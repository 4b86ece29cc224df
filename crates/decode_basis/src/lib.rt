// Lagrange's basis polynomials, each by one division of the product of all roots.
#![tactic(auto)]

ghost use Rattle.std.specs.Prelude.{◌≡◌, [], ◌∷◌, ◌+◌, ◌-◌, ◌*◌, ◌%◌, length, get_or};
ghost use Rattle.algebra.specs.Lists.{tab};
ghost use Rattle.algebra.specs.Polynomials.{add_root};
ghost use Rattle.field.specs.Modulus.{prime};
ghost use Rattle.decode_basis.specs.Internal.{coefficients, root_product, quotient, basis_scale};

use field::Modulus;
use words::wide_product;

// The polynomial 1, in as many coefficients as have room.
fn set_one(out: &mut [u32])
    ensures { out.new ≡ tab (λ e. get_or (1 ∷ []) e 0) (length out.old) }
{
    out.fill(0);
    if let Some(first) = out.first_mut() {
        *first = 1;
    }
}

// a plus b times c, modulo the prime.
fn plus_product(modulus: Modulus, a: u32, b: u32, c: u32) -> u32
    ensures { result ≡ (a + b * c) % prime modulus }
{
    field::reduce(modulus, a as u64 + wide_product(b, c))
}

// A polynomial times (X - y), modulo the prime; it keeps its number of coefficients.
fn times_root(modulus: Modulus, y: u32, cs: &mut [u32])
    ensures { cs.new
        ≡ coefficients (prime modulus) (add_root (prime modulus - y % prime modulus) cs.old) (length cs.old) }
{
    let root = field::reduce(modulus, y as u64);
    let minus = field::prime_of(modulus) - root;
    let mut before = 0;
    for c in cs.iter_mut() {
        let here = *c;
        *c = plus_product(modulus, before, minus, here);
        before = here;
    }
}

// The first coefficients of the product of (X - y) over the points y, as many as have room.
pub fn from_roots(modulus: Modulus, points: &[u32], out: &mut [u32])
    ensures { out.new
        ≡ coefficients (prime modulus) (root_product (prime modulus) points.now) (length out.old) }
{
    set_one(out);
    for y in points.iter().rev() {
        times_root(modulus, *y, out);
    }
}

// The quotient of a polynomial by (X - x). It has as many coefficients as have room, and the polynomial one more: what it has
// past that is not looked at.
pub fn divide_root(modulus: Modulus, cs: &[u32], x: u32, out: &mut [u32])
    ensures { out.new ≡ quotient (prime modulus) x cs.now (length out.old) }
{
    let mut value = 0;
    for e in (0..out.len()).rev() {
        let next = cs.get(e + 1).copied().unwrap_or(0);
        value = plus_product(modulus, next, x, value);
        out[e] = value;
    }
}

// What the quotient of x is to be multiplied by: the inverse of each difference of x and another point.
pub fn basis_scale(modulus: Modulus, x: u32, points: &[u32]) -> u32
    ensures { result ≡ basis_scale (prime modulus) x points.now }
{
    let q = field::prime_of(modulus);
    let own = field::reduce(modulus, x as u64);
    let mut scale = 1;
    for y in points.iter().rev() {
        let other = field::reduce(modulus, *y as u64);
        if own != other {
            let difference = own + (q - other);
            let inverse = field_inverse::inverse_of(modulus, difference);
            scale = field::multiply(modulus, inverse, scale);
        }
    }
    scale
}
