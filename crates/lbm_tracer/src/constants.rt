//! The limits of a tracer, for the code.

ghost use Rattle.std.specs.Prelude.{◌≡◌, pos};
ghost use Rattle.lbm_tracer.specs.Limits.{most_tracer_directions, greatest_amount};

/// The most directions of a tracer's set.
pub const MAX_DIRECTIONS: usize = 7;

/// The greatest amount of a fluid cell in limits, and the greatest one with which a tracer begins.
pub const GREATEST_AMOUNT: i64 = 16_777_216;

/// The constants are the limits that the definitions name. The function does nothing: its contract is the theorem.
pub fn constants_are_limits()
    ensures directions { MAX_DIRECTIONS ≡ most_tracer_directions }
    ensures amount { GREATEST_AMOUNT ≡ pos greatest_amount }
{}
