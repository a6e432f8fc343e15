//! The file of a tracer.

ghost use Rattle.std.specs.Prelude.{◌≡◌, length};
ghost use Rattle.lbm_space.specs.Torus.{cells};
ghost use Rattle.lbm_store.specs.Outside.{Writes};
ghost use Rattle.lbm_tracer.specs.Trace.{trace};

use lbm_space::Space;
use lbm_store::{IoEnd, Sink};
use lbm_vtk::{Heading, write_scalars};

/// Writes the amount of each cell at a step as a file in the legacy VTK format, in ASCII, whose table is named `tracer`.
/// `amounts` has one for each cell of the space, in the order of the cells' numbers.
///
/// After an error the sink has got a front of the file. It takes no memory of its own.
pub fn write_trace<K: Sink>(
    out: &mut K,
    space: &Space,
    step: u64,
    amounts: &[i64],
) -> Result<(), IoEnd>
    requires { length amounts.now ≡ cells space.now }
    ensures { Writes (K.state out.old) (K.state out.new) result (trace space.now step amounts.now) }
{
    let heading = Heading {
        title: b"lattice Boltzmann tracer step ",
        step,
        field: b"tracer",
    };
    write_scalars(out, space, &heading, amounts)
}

• **PROBLEM REQUIREMENTS**: Using the records above, gather all lines where the string "difference" is present.

• **ANSWER FOR THIS EXERCISE**:
// What the quotient of x is to be multiplied by: the inverse of each difference of x and another point.
            let difference = own + (q - other);
            let inverse = field_inverse::inverse_of(modulus, difference);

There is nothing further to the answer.